§ What is expected: Restate every line of the material, word for word.

>>>>

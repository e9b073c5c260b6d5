//! What is asked of the item walk and of the parts of its items.
use crate::in_table::open;
use crate::question::Question;
use crate::tell::{Tell, line};
use fields::{Counted, Refusal};
use items::{File, Item, Rest, State, Walked};
use parts::{Filled, MOST_PARTS, Part};
use std::io;
use std::io::Write;

pub fn fresh<W: Write>(out: &mut W, q: &Question<'_>) -> io::Result<()> {
    out.write_all(b"fresh ")?;
    line(out, &State::fresh(q.record))
}

// One call of the walk; where the file doesn't open, its refusal with the state as given.
fn call(file: &Result<File, Refusal>, from: State) -> Walked {
    match file {
        Ok(file) => file.next(from),
        Err(r) => Walked {
            answer: Err(*r),
            left: from,
            reads: 0,
        },
    }
}

pub fn next(q: &Question<'_>) -> Walked {
    call(&open(q), q.state())
}

pub fn first(q: &Question<'_>) -> Counted<Item> {
    match open(q) {
        Ok(file) => file.first_of(q.ty),
        Err(r) => Counted {
            answer: Err(r),
            reads: 0,
        },
    }
}

// How many parts there are, how they end, what was read, each of them, and where the first of the others stands
// that is changed: behind the last where none is.
fn put_parts<W: Write>(out: &mut W, filled: Filled, list: &[Part]) -> io::Result<()> {
    write!(out, "parts {} ", filled.count)?;
    match filled.answer {
        Ok(()) => out.write_all(b"whole")?,
        Err(r) => r.tell(out)?,
    }
    write!(out, " reads {}", filled.reads)?;
    let (front, behind) = list.split_at(filled.count.min(list.len()));
    for p in front {
        p.tell(out)?;
    }
    let unchanged = match behind.iter().position(|p| *p != Part::BLANK) {
        Some(i) => front.len() + i,
        None => list.len(),
    };
    writeln!(out, " unchanged {unchanged}")
}

// Where the file doesn't open there are no parts, and its refusal.
fn unopened(r: Refusal) -> Filled {
    Filled {
        count: 0,
        answer: Err(r),
        reads: 0,
    }
}

// The parts behind a list's front, with room for all that a list can lead to.
fn collect<W: Write>(
    out: &mut W,
    file: &Result<File, Refusal>,
    rest: Option<Rest>,
) -> io::Result<()> {
    match file {
        Ok(file) => {
            let collected = parts::collect(file, rest, MOST_PARTS);
            put_parts(out, collected.filled, &collected.parts)
        }
        Err(r) => put_parts(out, unopened(*r), &[Part::BLANK; MOST_PARTS]),
    }
}

pub fn parts<W: Write>(out: &mut W, q: &Question<'_>) -> io::Result<()> {
    collect(out, &open(q), q.list)
}

/// The parts written to a lent list, of which the call is handed as many as `most` says.
pub fn parts_within<W: Write>(out: &mut W, q: &Question<'_>) -> io::Result<()> {
    let mut list = [Part::BLANK; MOST_PARTS];
    let room = usize::from(q.most).min(MOST_PARTS);
    let filled = match open(q) {
        Ok(file) => parts::fill(&file, q.list, &mut list[..room]),
        Err(r) => unopened(r),
    };
    put_parts(out, filled, &list)
}

/// So many calls from fresh on, each from the state that the one before left. Where parts are asked for, those
/// of an item follow it as a line of their own. A flag and no closure: it would have to hold `out`, which the
/// walk's own lines go to.
pub fn walk<W: Write>(out: &mut W, q: &Question<'_>, with_parts: bool) -> io::Result<()> {
    let file = open(q);
    let mut at = State::fresh(q.record);
    for _ in 0..q.most {
        let walked = call(&file, at);
        line(out, &walked)?;
        if let Ok(Some(item)) = walked.answer
            && with_parts
        {
            collect(out, &file, item.rest)?;
        }
        at = walked.left;
    }
    Ok(())
}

<<<<

§ Exercise output:
repository e9b073c5c260b6d5
//! What is asked of the item walk and of the parts of its items.
use crate::in_table::open;
use crate::question::Question;
use crate::tell::{Tell, line};
use fields::{Counted, Refusal};
use items::{File, Item, Rest, State, Walked};
use parts::{Filled, MOST_PARTS, Part};
use std::io;
use std::io::Write;

pub fn fresh<W: Write>(out: &mut W, q: &Question<'_>) -> io::Result<()> {
    out.write_all(b"fresh ")?;
    line(out, &State::fresh(q.record))
}

// One call of the walk; where the file doesn't open, its refusal with the state as given.
fn call(file: &Result<File, Refusal>, from: State) -> Walked {
    match file {
        Ok(file) => file.next(from),
        Err(r) => Walked {
            answer: Err(*r),
            left: from,
            reads: 0,
        },
    }
}

pub fn next(q: &Question<'_>) -> Walked {
    call(&open(q), q.state())
}

pub fn first(q: &Question<'_>) -> Counted<Item> {
    match open(q) {
        Ok(file) => file.first_of(q.ty),
        Err(r) => Counted {
            answer: Err(r),
            reads: 0,
        },
    }
}

// How many parts there are, how they end, what was read, each of them, and where the first of the others stands
// that is changed: behind the last where none is.
fn put_parts<W: Write>(out: &mut W, filled: Filled, list: &[Part]) -> io::Result<()> {
    write!(out, "parts {} ", filled.count)?;
    match filled.answer {
        Ok(()) => out.write_all(b"whole")?,
        Err(r) => r.tell(out)?,
    }
    write!(out, " reads {}", filled.reads)?;
    let (front, behind) = list.split_at(filled.count.min(list.len()));
    for p in front {
        p.tell(out)?;
    }
    let unchanged = match behind.iter().position(|p| *p != Part::BLANK) {
        Some(i) => front.len() + i,
        None => list.len(),
    };
    writeln!(out, " unchanged {unchanged}")
}

// Where the file doesn't open there are no parts, and its refusal.
fn unopened(r: Refusal) -> Filled {
    Filled {
        count: 0,
        answer: Err(r),
        reads: 0,
    }
}

// The parts behind a list's front, with room for all that a list can lead to.
fn collect<W: Write>(
    out: &mut W,
    file: &Result<File, Refusal>,
    rest: Option<Rest>,
) -> io::Result<()> {
    match file {
        Ok(file) => {
            let collected = parts::collect(file, rest, MOST_PARTS);
            put_parts(out, collected.filled, &collected.parts)
        }
        Err(r) => put_parts(out, unopened(*r), &[Part::BLANK; MOST_PARTS]),
    }
}

pub fn parts<W: Write>(out: &mut W, q: &Question<'_>) -> io::Result<()> {
    collect(out, &open(q), q.list)
}

/// The parts written to a lent list, of which the call is handed as many as `most` says.
pub fn parts_within<W: Write>(out: &mut W, q: &Question<'_>) -> io::Result<()> {
    let mut list = [Part::BLANK; MOST_PARTS];
    let room = usize::from(q.most).min(MOST_PARTS);
    let filled = match open(q) {
        Ok(file) => parts::fill(&file, q.list, &mut list[..room]),
        Err(r) => unopened(r),
    };
    put_parts(out, filled, &list)
}

/// So many calls from fresh on, each from the state that the one before left. Where parts are asked for, those
/// of an item follow it as a line of their own. A flag and no closure: it would have to hold `out`, which the
/// walk's own lines go to.
pub fn walk<W: Write>(out: &mut W, q: &Question<'_>, with_parts: bool) -> io::Result<()> {
    let file = open(q);
    let mut at = State::fresh(q.record);
    for _ in 0..q.most {
        let walked = call(&file, at);
        line(out, &walked)?;
        if let Ok(Some(item)) = walked.answer
            && with_parts
        {
            collect(out, &file, item.rest)?;
        }
        at = walked.left;
    }
    Ok(())
}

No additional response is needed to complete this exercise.